Photo: David Yamamoto/Special to the Star

A group of celebrities converged on the Crowne Plaza Hotel along the Ventura waterfront this week, but they weren’t celebrities in the Hollywood sense.

Names like Roger Scruton and Odd Nerdrum might not ring a bell to people unfamiliar with the representational art world. But to organizers and attendees at the Representational Art Conference 2014, hearing talks by British philosopher Scruton and Norwegian painter Nerdrum in person was like being in the presence of rock stars.

“It’s like David Bowie’s here. It’s fantastic,” said California Lutheran University professor Michael Pearce, referring to Nerdrum, whom he described as the greatest living representational painter of the 21st century.

Pearce, who served as co-chairman of the event with fellow professor Michael Adams, likened Scruton to the art-world equivalent of U2 frontman Bono.

Scruton is the author of the controversial 2009 book “Beauty,” which explored what makes an object beautiful, and host of the BBC Two television show “Why Beauty Matters.”

“I was sitting down to dinner with him last night, sitting with David Bowie on one side and Bono on the other. Mike and I, we were giggling like schoolboys,” Pearce said. “It’s a fantasy, the whole thing. It’s amazing.”

More than 350 people from around the world attended the conference, which included art demonstrations, panel discussions, off-site excursions to area museums and presentations ranging from the healing power of portrait sitting to self-portraits in age Facebook.

Speakers and participants included artists, scholars, collectors and curators from across the United States, Europe, Asia and the Middle East.

The event, sponsored by CLU, is in its second year and is the only international academic conference on representational art in the world, Pearce said. It began Sunday evening and ran through Wednesday.

“We realized that there was a profound lack of venue for academic discussion of what was happening in representational art, in spite of the fact that there was so much really excellent representational art being done,” Pearce said. “It’s a unique event. As an academic conference there’s nothing else like it.”

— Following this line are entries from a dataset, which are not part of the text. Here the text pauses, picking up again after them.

//! The lengths of letters, raw parts and runs of these, for `regular.rt`.

ghost use Rattle.std.specs.Prelude.{◌≡◌, ◌≢◌, ◌+◌, ◌≤◌, ◌<◌, ◌==◌, ◌&&◌, length, take, slice_index, true, false};
ghost use Rattle.gabc_text.specs.ExampleTexts.{beginning_of};
ghost use Rattle.gabc_text.specs.Token.{ending_of, is_special};
ghost use Rattle.gabc_text.specs.RegularText.{is_letter_byte, is_continuation, is_first_of_two, is_first_of_three, has_letter_at};
ghost use Rattle.gabc_text.specs.machine.RegularBytes.{IsWord, IsRun, IsInner, IsBracketed, IsEnclosed, is_plain_byte};

use crate::token::{RawKind, is_special};

/// Returns whether `byte` is of ASCII, and a character that a `$` makes a letter.
fn is_special_byte(byte: u8) -> bool
    ensures { result ≡ is_special byte }
{
    is_special(char::from(byte))
}

/// Returns whether `byte` is a letter by itself: it is of ASCII, and printed as it is written. Most
/// are small letters.
#[inline(always)]
fn is_letter_byte(byte: u8) -> bool
    ensures { result ≡ is_letter_byte byte }
{
    byte.is_ascii_lowercase()
        || (byte != b'(' && !is_special_byte(byte) && byte > b' ' && byte < 0x7F)
}

/// Returns whether `byte` is a byte after the first of a character of several bytes.
fn is_continuation(byte: u8) -> bool
    ensures { result ≡ is_continuation byte }
{
    byte > 0x7F && byte < 0xC0
}

/// Returns whether a character of two bytes may begin with `byte`.
fn is_first_of_two(byte: u8) -> bool
    ensures { result ≡ is_first_of_two byte }
{
    byte > 0xC1 && byte < 0xE0
}

/// Returns whether a character from U+1000 to U+CFFF may begin with `byte`.
fn is_first_of_three(byte: u8) -> bool
    ensures { result ≡ is_first_of_three byte }
{
    byte > 0xE0 && byte < 0xED
}

/// Returns whether the bytes are a `$` and a character that it makes a letter.
fn is_escape(first: u8, second: u8) -> bool
    ensures { result ≡ (first == 36 && is_special second) }
{
    first == b'$' && is_special_byte(second)
}

/// Returns whether the bytes are a letter of two bytes.
fn is_pair(first: u8, second: u8) -> bool
    ensures { result ≡ (is_first_of_two first && is_continuation second) }
{
    is_first_of_two(first) && is_continuation(second)
}

/// Returns whether the bytes are a letter from U+1000 to U+CFFF.
fn is_triple(first: u8, second: u8, third: u8) -> bool
    ensures { result ≡ (is_first_of_three first && (is_continuation second && is_continuation third)) }
{
    is_first_of_three(first) && is_continuation(second) && is_continuation(third)
}

/// Returns the byte of `bytes` at `index`; 0, if there is none.
pub(crate) fn byte_at(bytes: &[u8], index: usize) -> u8
    ensures { result ≡ slice_index bytes.now index }
{
    if index < bytes.len() { bytes[index] } else { 0 }
}

/// Returns the length in bytes of the letter that `bytes` begin with, with its `$` if it has one;
/// 0, if none is known to be there. Most letters are of ASCII, and most runs of them end at a `(`.
#[inline(always)]
fn letter_len(bytes: &[u8]) -> usize
    ensures within { result ≤ length bytes.now }
    ensures letter { 0 < result → IsWord (take result bytes.now) }
    ensures none { result ≡ 0 → has_letter_at bytes.now 0 ≡ false }
    ensures no_tag { 0 < result → slice_index bytes.now 0 ≢ 60 }
{
    let first = byte_at(bytes, 0);
    if is_letter_byte(first) {
        return 1;
    }
    if first == b'(' {
        return 0;
    }
    let second = byte_at(bytes, 1);
    if is_escape(first, second) {
        return 2;
    }
    if is_pair(first, second) {
        return 2;
    }
    let third = byte_at(bytes, 2);
    if is_triple(first, second, third) {
        3
    } else {
        0
    }
}

/// Returns whether `byte` is of printable ASCII, and not `stop`.
#[inline(always)]
fn is_plain_byte(stop: u8, byte: u8) -> bool
    ensures { result ≡ is_plain_byte stop byte }
{
    byte > 0x1F && byte < 0x7F && byte != stop
}

/// Returns the length in bytes of the character that `bytes` begin with, if it is not `stop`, and
/// of printable ASCII, of two bytes, or from U+1000 to U+CFFF; else 0. Most are of ASCII.
#[inline(always)]
fn inner_character_len(bytes: &[u8], stop: u8) -> usize
    requires ascii { stop < 128 }
    ensures within { result ≤ length bytes.now }
    ensures inner { 0 < result → IsInner stop (take result bytes.now) }
{
    let first = byte_at(bytes, 0);
    if is_plain_byte(stop, first) {
        return 1;
    }
    let second = byte_at(bytes, 1);
    if is_pair(first, second) {
        return 2;
    }
    let third = byte_at(bytes, 2);
    if is_triple(first, second, third) {
        3
    } else {
        0
    }
}

/// Returns the length in bytes of such characters that `bytes` begin with.
fn inner_len(bytes: &[u8], stop: u8) -> usize
    requires ascii { stop < 128 }
    ensures within { result ≤ length bytes.now }
    ensures inner { IsInner stop (take result bytes.now) }
{
    let mut end = 0;
    while end < bytes.len() {
        let more = inner_character_len(&bytes[end..], stop);
        if more == 0 {
            return end;
        }
        end += more;
    }
    end
}

/// Returns the length in bytes of `opening`, characters other than `stop`, and `closing`, if
/// `bytes` begin with these; else 0. The characters are of printable ASCII, of two bytes, or from
/// U+1000 to U+CFFF.
pub(crate) fn bracketed_len(bytes: &[u8], opening: &[u8], stop: u8, closing: &[u8]) -> usize
    requires ascii { stop < 128 }
    ensures within { result ≤ length bytes.now }
    ensures bracketed { 0 < result →
        IsBracketed opening.now stop closing.now (take result bytes.now) }
{
    if !bytes.starts_with(opening) {
        return 0;
    }
    let end = opening.len() + inner_len(&bytes[opening.len()..], stop);
    if bytes[end..].starts_with(closing) {
        end + closing.len()
    } else {
        0
    }
}

/// Returns the tags around raw parts of the kind `raw`.
fn raw_tags(raw: RawKind) -> (&'static str, &'static str)
    ensures opening { result.0.now ≡ beginning_of raw }
    ensures closing { result.1.now ≡ ending_of raw }
{
    match raw {
        RawKind::V => ("<v>", "</v>"),
        RawKind::Sp => ("<sp>", "</sp>"),
        RawKind::Alt => ("<alt>", "</alt>"),
    }
}

/// Returns the kind of raw part whose name begins with `byte`, if there is one.
fn raw_by(byte: u8) -> Option<RawKind> {
    match byte {
        b'v' => Some(RawKind::V),
        b's' => Some(RawKind::Sp),
        b'a' => Some(RawKind::Alt),
        _ => None,
    }
}

/// Returns the length in bytes of the raw part that `bytes` begin with, if it has no tag in it, and
/// only characters that `bracketed_len` takes; else 0.
fn raw_len(bytes: &[u8]) -> usize
    ensures within { result ≤ length bytes.now }
    ensures word { 0 < result → IsWord (take result bytes.now) }
{
    if bytes.len() < 2 || bytes[0] != b'<' {
        return 0;
    }
    let Some(raw) = raw_by(bytes[1]) else {
        return 0;
    };
    let (opening, closing) = raw_tags(raw);
    bracketed_len(bytes, opening.as_bytes(), b'<', closing.as_bytes())
}

/// Returns the length in bytes of the letter or the raw part that `bytes` begin with; 0, if none is
/// known to be there.
fn word_len(bytes: &[u8]) -> usize
    ensures within { result ≤ length bytes.now }
    ensures word { 0 < result → IsWord (take result bytes.now) }
    ensures none { result ≡ 0 → has_letter_at bytes.now 0 ≡ false }
{
    let letter = letter_len(bytes);
    if letter > 0 { letter } else { raw_len(bytes) }
}

/// Returns the number of bytes by which a run goes on from `end`: those of a letter or a raw part,
/// or of a blank and one of these if something comes before; 0, if it does not go on so.
fn more_of_run(bytes: &[u8], end: usize) -> usize
    requires { end ≤ length bytes.now }
    ensures within { end + result ≤ length bytes.now }
    ensures goes_on { 0 < result → IsRun (take end bytes.now) →
        IsRun (take (end + result) bytes.now) }
    ensures stops { result ≡ 0 → has_letter_at bytes.now end ≡ false }
{
    let word = word_len(&bytes[end..]);
    if word > 0 {
        return word;
    }
    if end == 0 || end == bytes.len() || bytes[end] != b' ' {
        return 0;
    }
    let after = word_len(&bytes[end + 1..]);
    if after > 0 { after + 1 } else { 0 }
}

/// Returns the length in bytes of the letters that `bytes` begin with.
#[inline(always)]
pub(crate) fn letters_len(bytes: &[u8]) -> usize
    ensures within { result ≤ length bytes.now }
    ensures run { IsRun (take result bytes.now) }
    ensures no_tag { 0 < result → slice_index bytes.now 0 ≢ 60 }
{
    let mut end = 0;
    while end < bytes.len() {
        let more = letter_len(&bytes[end..]);
        if more == 0 {
            return end;
        }
        end += more;
    }
    end
}

/// Returns whether `bytes` begin with the `(` of notes or the `<` of a closing tag, which are in no
/// run.
#[inline(always)]
fn ends_run(bytes: &[u8]) -> bool
    requires { 0 < length bytes.now }
    ensures { result ≡ true → has_letter_at bytes.now 0 ≡ false }
{
    bytes[0] == b'(' || (bytes[0] == b'<' && byte_at(bytes, 1) == b'/')
}

/// Returns the length in bytes of the run that `bytes` begin with: letters and raw parts, with
/// single blanks between them.
pub(crate) fn run_len(bytes: &[u8]) -> usize
    ensures within { result ≤ length bytes.now }
    ensures run { IsRun (take result bytes.now) }
    ensures stops { result < length bytes.now → has_letter_at bytes.now result ≡ false }
{
    let mut end = letters_len(bytes);
    while end < bytes.len() {
        if ends_run(&bytes[end..]) {
            return end;
        }
        let more = more_of_run(bytes, end);
        if more == 0 {
            return end;
        }
        end += more;
    }
    end
}

/// Returns the length in bytes of `opening`, a run that is not empty, and `closing`, if `bytes`
/// begin with these; else 0.
pub(crate) fn enclosed_len(bytes: &[u8], opening: &[u8], closing: &[u8]) -> usize
    ensures within { result ≤ length bytes.now }
    ensures enclosed { 0 < result →
        IsEnclosed opening.now closing.now (take result bytes.now) }
{
    if !bytes.starts_with(opening) {
        return 0;
    }
    let inner = run_len(&bytes[opening.len()..]);
    let end = opening.len() + inner;
    if inner > 0 && bytes[end..].starts_with(closing) {
        end + closing.len()
    } else {
        0
    }
}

Representational art is painting, drawing or sculpture that seeks to show reality by portraying recognizable people, places and objects. That’s different from abstract art, for example, which either makes no reference to physical reality or presents it in a distorted or exaggerated way.

In addition to appearances by Scruton and Nerdrum, speakers at the event included celebrated author, painter and teacher Juliette Aristides, Swiss-based realist artist Alan Lawson and Peter Trippi, editor-in-chief of Fine Art Connoisseur, among many others.

Exhibits tied to the conference include Women by Women, a collection of drawings and paintings of women by women at CLU’s Kwan Fong Gallery that will run until April 12 and is open to the public.

As well as the prominent lineup of speakers and exhibitors, people attending the event said they were thrilled at the opportunity to interact with so many of their peers.

Cheryl Kline, owner of a fine art academy in Pacific Palisades and an exhibitor at the conference, called it inspirational.

“It’s almost like being in college or at an alumni get-together where there’s hundreds of people who all think the same way and you all share the same ideas,” she said. “The way the art world is today, it’s so abstract and pour-the-baby-out-with-the-bathwater. It’s really hard to find other artists, especially a huge group like this that think our way. It’s awesome.”